Vuelvo a la cena de cenizas donde las comensales se duermen con
la última cara inmune a los presagios. Todo fue visto desde
antes de la luz, desde Bet-el, desde el hueco. ¿Qué manantial de
tus llagas esfuerza el poderío y alcanza el ánima amadora en lo
terrible?
Esplendor aun en los alambres. La noche de verano danza sin
fisura en las migas de un plato ya caído al borde de este velo,
fiebre talada. Un aire de Verlaine hace brillar los objetos que
bendigo. Habiendo llegado, para conmover la sangre debo hundirme
en las raíces de una piel que tiembla. El grito tiembla -lo
susurras y lo palpas-, tiembla con las chinches del reino de lo
umbrío, con sus sepultureros, con la mancha de humo tan rojo
deslizándose a la fiesta.
¿Y es sacratísimo el frío de las zanjas, donde trasvaso y
repliego para ovillar tu gesto del principio? Alguien nace del
corazón de la lluvia y pregunta entre las lápidas. "-¿Qué fue de
éste y aquél y sus industrias de musgo viejo y arrabal hermoso?"
"Alfiler en la grieta, ceniza que se enfría."
Llórame en la lluvia el pequeño asesinato de mi hijastra que es
mi madre. Entonces su calavera duerme con un lobo hecho de
telarañas en mitad del desierto, pero la reina está asilada en
los ojos. De las borras del antiguo salto viene la depredación y
la dicha: estrujada desnudez viviendo lo que de muerte sabes
hasta alcanzar el hambre carnicera, cantadora. ¿Desierto en
hueco? ¿Thebaida en palabras, sumergida con palabras hacia el
jardín anterior a la palabra y su fuego descendente?
Nombro las promesas del misterio. Así, locamente remonto las
selvas de esta voz que labra voces en la alianza de la herida y
el trueno. Son los disfraces arrancados a las tenues quemaduras
del infierno por pudor. Lo que derramas es cuchillo. Hilos de
apariencia sobre un sortilegio alumbran desde abajo.
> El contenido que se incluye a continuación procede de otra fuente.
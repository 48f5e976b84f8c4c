//! Each code, and which of two comes first. Written by `bench/rows/rows.py`.
use crate::rows::{Row, is_answered};

static ROWS_1: [Row; 34] = [
    Row {
        shows: "code: the words before the object",
        capacity: 100,
        starts: false,
        lines: r#"65 29000700 APT {
0 29000700 APT {
1 0 APT {
1 4294967296 APT {
1 29000700 apt {
01 29000700 APT {
1 29000700 DEI {
1  29000700 APT {
1 29000700 APT {
64 4294967295 GH {
1 1 AO {
"#,
        replies: r#"bad 100
bad 100
bad 100
bad 100
bad 100
bad 100
bad 100
bad 100
bad 101
bad 101
bad 101
"#,
    },
    Row {
        shows: "code: no object, and no command",
        capacity: 100,
        starts: false,
        lines: r#"!tack"
!tack"} x
!tack"}
1 29000700 APT []
1 29000700 APT {}
1 29000700 APT {"cmd":7}
!Tick"}
!X
"#,
        replies: r#"bad 101
bad 101
bad 102
bad 102
bad 102
bad 102
bad 102
^
"#,
    },
    Row {
        shows: "code: no command, and no field",
        capacity: 100,
        starts: false,
        lines: r#"!tack","flight":"7"}
!show","flight":"7"}
"#,
        replies: r#"bad 102
bad 103
"#,
    },
    Row {
        shows: "code: the first faulty field",
        capacity: 100,
        starts: false,
        lines: r#"!unS"7","kind":"both"}
!unS17,"kind":7}
!unS16,"kind":7}
!unS16,"kind":"both"}
!unS0,"kind":"tobt"}
!unS1}
!show"}
!show","flight":0}
!show","flight":18446744073709551615}
!show","flight":18446744073709551616}
"#,
        replies: r#"bad 103
bad 104
bad 103
bad 104
bad 104
bad 103
bad 103
bad 104
_202
bad 103
"#,
    },
    Row {
        shows: "code: the fields of a schedule",
        capacity: 100,
        starts: false,
        lines: r#"!schedule","flight":0,J,K"stand":12}
!schedule","flight":"7",J,K"stand":12}
!schedule","flight":7,"callsign":"123456789","type":"A320","reg":"DAIBC","dest":"EDDM",K"stand":12}
!schedule","flight":7,"callsign":7,"type":"A320","reg":"DAIBC","dest":"EDDM",K"stand":12}
!schedule","flight":7,"callsign":"DLH7","type":"A3200","reg":"DAIBC","dest":"EDDM",K"stand":12}
!schedule","flight":7,"callsign":"DLH7","type":7,"reg":"DAIBC","dest":"EDDM",K"stand":12}
!schedule","flight":7,"callsign":"DLH7","type":"A320","reg":"","dest":"EDDM",K"stand":12}
!schedule","flight":7,"callsign":"DLH7","type":"A320","reg":7,"dest":"EDDM",K"stand":12}
!schedule","flight":7,"callsign":"DLH7","type":"A320","reg":"DAIBC","dest":"E DM",K"stand":12}
!schedule","flight":7,"callsign":"DLH7","type":"A320","reg":"DAIBC","dest":7,K"stand":12}
!schedule","flight":7,J,"sobt":"10:00","mttt":40,"exit":5,"exot":10,"stand":12}
!schedule","flight":7,J,"sobt":7,"mttt":40,"exit":5,"exot":10,"stand":12}
!schedule","flight":7,J,"sobt":"2025-02-20T10:00:00Z","mttt":1441,"exit":5,"exot":10,"stand":12}
!schedule","flight":7,J,"sobt":"2025-02-20T10:00:00Z","mttt":"40","exit":5,"exot":10,"stand":12}
!schedule","flight":7,J,"sobt":"2025-02-20T10:00:00Z","mttt":40,"exit":256,"exot":10,"stand":12}
!schedule","flight":7,J,"sobt":"2025-02-20T10:00:00Z","mttt":40,"exit":"5","exot":10,"stand":12}
!schedule","flight":7,J,"sobt":"2025-02-20T10:00:00Z","mttt":40,"exit":5,"exot":1441,"stand":12}
!schedule","flight":7,J,"sobt":"2025-02-20T10:00:00Z","mttt":40,"exit":5,"exot":null,"stand":12}
!schedule","flight":7,J,K"stand":65536}
!schedule","flight":7,J,K"stand":-1}
"#,
        replies: r#"bad 104
bad 103
bad 104
bad 103
bad 104
bad 103
bad 104
bad 103
bad 104
bad 103
bad 104
bad 103
bad 104
bad 103
bad 104
bad 103
bad 104
bad 103
bad 104
bad 103
"#,
    },
    Row {
        shows: "code: no time",
        capacity: 100,
        starts: false,
        lines: r#"$+3,"time":null}
%+4,"time":null}
%+5,"time":null}
%+6,"time":null}
!+7,"time":null}
*+8,"time":null}
%+10,"time":null}
*+11,"time":null}
&+12,"time":null}
%+13,"time":null}
%+14,"time":null}
%+15,"time":null}
%+16,"time":null}
$+1,"time":null,J}
"#,
        replies: r#"bad 103
bad 103
bad 103
bad 103
bad 103
bad 103
bad 103
bad 103
bad 103
bad 103
bad 103
bad 103
bad 103
bad 103
"#,
    },
    Row {
        shows: "code: a field, and the program",
        capacity: 100,
        starts: false,
        lines: r#"!S17,"kind":"tobt","program":"V
!?9z"}
!?950"}
!?"}
!?ffffffffffffffffff"}
!?ffffffffffffffff"}
"#,
        replies: r#"bad 104
bad 104
bad 104
bad 301 0
bad 301 0
bad 303 0
"#,
    },
    Row {
        shows: "code: 303 at 0: ff0f0100010000009500000000000000",
        capacity: 100,
        starts: false,
        lines: r#"!?ff0f010001`V
"#,
        replies: r#"bad 303 0
"#,
    },
    Row {
        shows: "code: 304 at 0: b70b0100010000009500000000000000",
        capacity: 100,
        starts: false,
        lines: r#"!?b70b010001`V
"#,
        replies: r#"bad 304 0
"#,
    },
    Row {
        shows: "code: 305 at 0: b70b0000010000009500000000000000",
        capacity: 100,
        starts: false,
        lines: r#"!?b70b000001`V
"#,
        replies: r#"bad 305 0
"#,
    },
    Row {
        shows: "code: 304 at 0: 1810000001000000",
        capacity: 100,
        starts: false,
        lines: r#"!?181`1`"}
"#,
        replies: r#"bad 304 0
"#,
    },
    Row {
        shows: "code: 305 at 0: 180b000001000000",
        capacity: 100,
        starts: false,
        lines: r#"!?180b000001`"}
"#,
        replies: r#"bad 305 0
"#,
    },
    Row {
        shows: "code: 315 at 0: 1800000001000000",
        capacity: 100,
        starts: false,
        lines: r#"!?18`01`"}
"#,
        replies: r#"bad 315 0
"#,
    },
    Row {
        shows: "code: 305 at 1: 0500ffff00000000b70b000001000000",
        capacity: 100,
        starts: false,
        lines: r#"!?0500ffff`00b70b000001`V
"#,
        replies: r#"bad 305 1
"#,
    },
    Row {
        shows: "code: 306 at 0: 1d65ffff000000009500000000000000",
        capacity: 100,
        starts: false,
        lines: r#"!?1d65ffff`00V
"#,
        replies: r#"bad 306 0
"#,
    },
    Row {
        shows: "code: 307 at 0: bf60000000000000",
        capacity: 100,
        starts: false,
        lines: r#"!?bf6U0"}
"#,
        replies: r#"bad 307 0
"#,
    },
    Row {
        shows: "code: 308 at 0: 9500000000000000",
        capacity: 100,
        starts: false,
        lines: r#"!?V
"#,
        replies: r#"bad 308 0
"#,
    },
    Row {
        shows: "code: 308 at 0: 79600800000000009500000000000000",
        capacity: 100,
        starts: false,
        lines: r#"!?796008`0000V
"#,
        replies: r#"bad 308 0
"#,
    },
    Row {
        shows: "code: 309 at 0: 79a00800000000009500000000000000",
        capacity: 100,
        starts: false,
        lines: r#"!?79a008`0000V
"#,
        replies: r#"bad 309 0
"#,
    },
    Row {
        shows: "code: 309 at 0: 791a8000000000009500000000000000",
        capacity: 100,
        starts: false,
        lines: r#"!?791a8`00000V
"#,
        replies: r#"bad 309 0
"#,
    },
    Row {
        shows: "code: 310 at 0: 79a0f8ff000000009500000000000000",
        capacity: 100,
        starts: false,
        lines: r#"!?79a0f8ff`00V
"#,
        replies: r#"bad 310 0
"#,
    },
    Row {
        shows: "code: 311 at 0: 7a010000000000009500000000000000",
        capacity: 100,
        starts: false,
        lines: r#"!?7a01UV
"#,
        replies: r#"bad 311 0
"#,
    },
    Row {
        shows: "code: 312 at 0: 85000000040000009500000000000000",
        capacity: 100,
        starts: false,
        lines: r#"!?85`04`V
"#,
        replies: r#"bad 312 0
"#,
    },
    Row {
        shows: "code: 308 at 0: bf600000000000008500000004000000",
        capacity: 100,
        starts: false,
        lines: r#"!?bf6U085`04`V
"#,
        replies: r#"bad 308 0
"#,
    },
    Row {
        shows: "code: 313 at 0: 85000000020000009500000000000000",
        capacity: 100,
        starts: false,
        lines: r#"!?85`02`V
"#,
        replies: r#"bad 313 0
"#,
    },
    Row {
        shows: "code: 314 at 0: 070a0000f8ffffff9500000000000000",
        capacity: 100,
        starts: false,
        lines: r#"!?070a0000f8ffffffV
"#,
        replies: r#"bad 314 0
"#,
    },
    Row {
        shows: "code: digits of either case",
        capacity: 100,
        starts: false,
        lines: r#"!@B7`1A`V
!/
$+<
%+6(09:00)
!=
"#,
        replies: r#"^
^
^
^
| 7:LOC01,LOC03,LOC04
"#,
    },
    Row {
        shows: "code: an argument, and another",
        capacity: 100,
        starts: false,
        lines: r#"!@1801U`0001`85`03`V
!@b701U85`02`1801U`0001`85`03`V
!@b701U85`02`180200001127U`0085`03`V
!@b701U180200001127U`0085`03`V
!@1801U`0001`180200001127U`0085`03`V
"#,
        replies: r#"bad 313 2
bad 308 4
bad 308 4
bad 313 3
bad 313 4
"#,
    },
    Row {
        shows: "code: each register is narrowed by a number",
        capacity: 100,
        starts: false,
        lines: r#"!@b701U85`02`250001003c`95U00bf6U0V
!@b701U85`02`250001003b`95U00bf6U0V
!@b701U85`02`bf01U250101003c`95U00bf6U0V
!@b701U85`02`bf01U250101003b`95U00bf6U0V
!@b701U85`02`bf02U250201003c`95U00bf6U0V
!@b701U85`02`bf02U250201003b`95U00bf6U0V
!@b701U85`02`bf03U250301003c`95U00bf6U0V
!@b701U85`02`bf03U250301003b`95U00bf6U0V
!@b701U85`02`bf04U250401003c`95U00bf6U0V
!@b701U85`02`bf04U250401003b`95U00bf6U0V
!@b701U85`02`bf05U250501003c`95U00bf6U0V
!@b701U85`02`bf05U250501003b`95U00bf6U0V
!@b701U85`02`bf07U250701003c`95U00bf6U0V
!@b701U85`02`bf07U250701003b`95U00bf6U0V
!@b701U85`02`bf08U250801003c`95U00bf6U0V
!@b701U85`02`bf08U250801003b`95U00bf6U0V
!@b701U85`02`bf09U250901003c`95U00bf6U0V
!@b701U85`02`bf09U250901003b`95U00bf6U0V
"#,
        replies: r#"^
bad 308 4
^
bad 308 5
^
bad 308 5
^
bad 308 5
^
bad 308 5
^
bad 308 5
^
bad 308 5
^
bad 308 5
^
bad 308 5
"#,
    },
    Row {
        shows: "code: a program, and the journal",
        capacity: 1,
        starts: false,
        lines: r#"!X
!?V
!X
$X
"#,
        replies: r#"^
bad 308 0
bad 502
bad 502
"#,
    },
    Row {
        shows: "code: a program, and the owner",
        capacity: 100,
        starts: false,
        lines: r#"$?V
$?b7U00V
"#,
        replies: r#"bad 308 0
_201
"#,
    },
    Row {
        shows: "code: owner, flight, need",
        capacity: 100,
        starts: false,
        lines: r#"&+7(09:05)
!+7(09:05)
!/
&+7(09:05)
!+7(09:05)
"#,
        replies: r#"_201
_202
^
_201
_203
"#,
    },
    Row {
        shows: "code: need, and bar",
        capacity: 100,
        starts: true,
        lines: r#"*+9(10:00)
%+10(10:01)
%+13(09:58)
%+14(10:02)
%+15(10:03)
!+7(09:05)
%+14(10:02)
"#,
        replies: r#"^
^
^
^
^
^
^
_203
_204
"#,
    },
    Row {
        shows: "code: need, and the start-up time",
        capacity: 100,
        starts: true,
        lines: r#"*+9(10:00)
%+13(09:58)
%+10(10:01)
*+9,"time":null}
%+13(09:58)
"#,
        replies: r#"^
^
^
_203
^
^
_205
"#,
    },
];

#[test]
fn part_1(rt: HostRuntime) {
    for row in &ROWS_1 {
        is_answered(&rt, rt.alloc(), row);
    }
}

static ROWS_2: [Row; 4] = [
    Row {
        shows: "code: bar, and order",
        capacity: 100,
        starts: true,
        lines: r#"%+6(09:00)
!+7(09:05)
*+9(10:00)
%+10(10:01)
%+13(09:58)
%+14(10:02)
!+7(08:59)
%+15(10:03)
!+7(08:59)
"#,
        replies: r#"^
^
^
^
^
^
^
^
_206
^
_204
"#,
    },
    Row {
        shows: "code: the start-up time, and order",
        capacity: 100,
        starts: true,
        lines: r#"*+9(10:00)
%+10(10:01)
%+13(09:58)
*+9,"time":null}
%+14(09:57)
*+9(10:00)
%+10(10:01)
%+14(09:57)
"#,
        replies: r#"^
^
^
^
^
^
_205
^
^
_206
"#,
    },
    Row {
        shows: "code: a schedule of another",
        capacity: 100,
        starts: true,
        lines: r#"$/
!/
"#,
        replies: r#"^
^
_201
_207
"#,
    },
    Row {
        shows: "code: an empty slot",
        capacity: 100,
        starts: false,
        lines: r#"$unS7,"kind":"tobt"}
!unS7,"kind":"tobt"}
!S7,"kind":"alert","program":"b7U00V
!unS7,"kind":"tobt"}
!unS8,"kind":"alert"}
!unS7,"kind":"alert"}
!unS7,"kind":"alert"}
"#,
        replies: r#"_201
_321
^
_321
_321
^
_321
"#,
    },
];

#[test]
fn part_2(rt: HostRuntime) {
    for row in &ROWS_2 {
        is_answered(&rt, rt.alloc(), row);
    }
}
¿Serás transfigurada a la obediencia en el fondo del iris
imantado de una tigra? Díganme el murmullo escandaloso que
hierve bajo la mordedura de la arena.
Hablamos de Babel antes de la confusión y las pestes. Hablamos
de los ríos separados (al fin) por el viento venerable. Hablamos
de una lúcida criatura nacida de su caliente sed en enigma.
Hablamos de un dios blasfemo que anida en las cortezas de razón.
Hablamos de lo visible, es decir el absorto, el inmundo, el
implacable. Pero no, él no escribió en alabastro estas palabras.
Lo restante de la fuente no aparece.